//! Vectors of sections: `raw`, a section's id and body, and its bytes; `module`, the sections of a module, and the
//! module; or `read`, the same of a module in longer encodings.

use crate::calls::normal_of;
use crate::mismatch::Mismatch;
use crate::written::{Written, check_written};
use std::alloc::Global;
use wasm_encoder::{Module, RawSection, read_module};

/// A section that a vector gives.
#[derive(Drop)]
struct OwnedSection {
    id: u8,
    body: Vec<u8>,
}

impl OwnedSection {
    fn as_raw(&self) -> RawSection<'_> {
        RawSection {
            id: self.id,
            body: self.body.as_slice(),
        }
    }
}

/// Holds sections, modules and their reader to the vector.
pub fn check(alloc: Global, row: &str, words: &str, hex: &str) -> Result<(), Mismatch> {
    let words: Vec<&str> = words.split(' ').collect(alloc)?;
    let expected = hex::decode(alloc, hex)?;
    check_row(alloc, row, words.as_slice(), expected.as_slice())
}

fn check_row(alloc: Global, row: &str, words: &[&str], expected: &[u8]) -> Result<(), Mismatch> {
    match (row, words) {
        ("raw", [id, body]) => check_raw(alloc, &owned(alloc, id, body)?, expected),
        ("module", [count, words @ ..]) => {
            let sections = sections(alloc, count, words)?;
            check_module(alloc, sections.as_slice(), expected)?;
            check_reader(alloc, sections.as_slice(), expected)
        }
        ("read", [count, words @ ..]) => {
            check_reader(alloc, sections(alloc, count, words)?.as_slice(), expected)
        }
        _ => Err(Mismatch::NotUnderstood),
    }
}

/// How many sections a word announces, as `raws:2`.
fn parse_count(word: &str) -> Option<usize> {
    word.strip_prefix("raws:")?.parse().ok()
}

/// So many sections, an id and a body each.
fn sections(alloc: Global, count: &str, words: &[&str]) -> Result<Vec<OwnedSection>, Mismatch> {
    let mut sections = Vec::new(alloc);
    for section in words.chunks(2) {
        let [id, body] = section else {
            return Err(Mismatch::NotUnderstood);
        };
        sections.push(owned(alloc, id, body)?)?;
    }
    if parse_count(count) == Some(sections.len()) {
        Ok(sections)
    } else {
        Err(Mismatch::NotUnderstood)
    }
}

/// A section by its id and its body, which is `-` where it is empty.
fn owned(alloc: Global, id: &str, body: &str) -> Result<OwnedSection, Mismatch> {
    let Ok(id) = id.parse() else {
        return Err(Mismatch::NotUnderstood);
    };
    let body = if body == "-" { "" } else { body };
    let body = hex::decode(alloc, body)?;
    Ok(OwnedSection { id, body })
}

/// The section's bytes are the expected ones, and with its id before them where it is added to a list.
fn check_raw(alloc: Global, section: &OwnedSection, expected: &[u8]) -> Result<(), Mismatch> {
    let section = section.as_raw();
    check_written(alloc, Written::Body(section), expected)?;
    let mut whole = vec![in alloc; section.id]?;
    whole.extend_from_slice(expected)?;
    check_written(alloc, Written::Section(section), whole.as_slice())
}

/// The module of the sections is the bytes.
fn check_module(alloc: Global, sections: &[OwnedSection], expected: &[u8]) -> Result<(), Mismatch> {
    let mut module = Module::new(alloc)?;
    for section in sections {
        module.section(&section.as_raw())?;
    }
    if module.finish().as_slice() == expected {
        Ok(())
    } else {
        Err(Mismatch::Written)
    }
}

/// The bytes are read as the sections.
fn check_reader(alloc: Global, sections: &[OwnedSection], bytes: &[u8]) -> Result<(), Mismatch> {
    let read = read_module(alloc, bytes)?;
    if read.len() != sections.len() {
        return Err(Mismatch::Read);
    }
    for (raw, section) in read.iter().zip(sections) {
        if raw.id != section.id || raw.body != section.body.as_slice() {
            return Err(Mismatch::Read);
        }
    }
    check_normal(alloc, sections, bytes)
}

/// The normal form of the bytes is the module of the sections.
fn check_normal(alloc: Global, sections: &[OwnedSection], bytes: &[u8]) -> Result<(), Mismatch> {
    match normal_of::<Module>(alloc, bytes)? {
        Ok(normal) => check_module(alloc, sections, normal.as_slice()),
        Err(_) => Err(Mismatch::Normalised),
    }
}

● ● ●

Where the listing above reaches the line that contains "count, words)?.as_slice(), expected)", start retyping, and finish with the line that contains "a body each."; reproduce those lines exactly and no others.

## ANSWER BELOW
            check_reader(alloc, sections(alloc, count, words)?.as_slice(), expected)
        }
        _ => Err(Mismatch::NotUnderstood),
    }
}

/// How many sections a word announces, as `raws:2`.
fn parse_count(word: &str) -> Option<usize> {
    word.strip_prefix("raws:")?.parse().ok()
}

/// So many sections, an id and a body each.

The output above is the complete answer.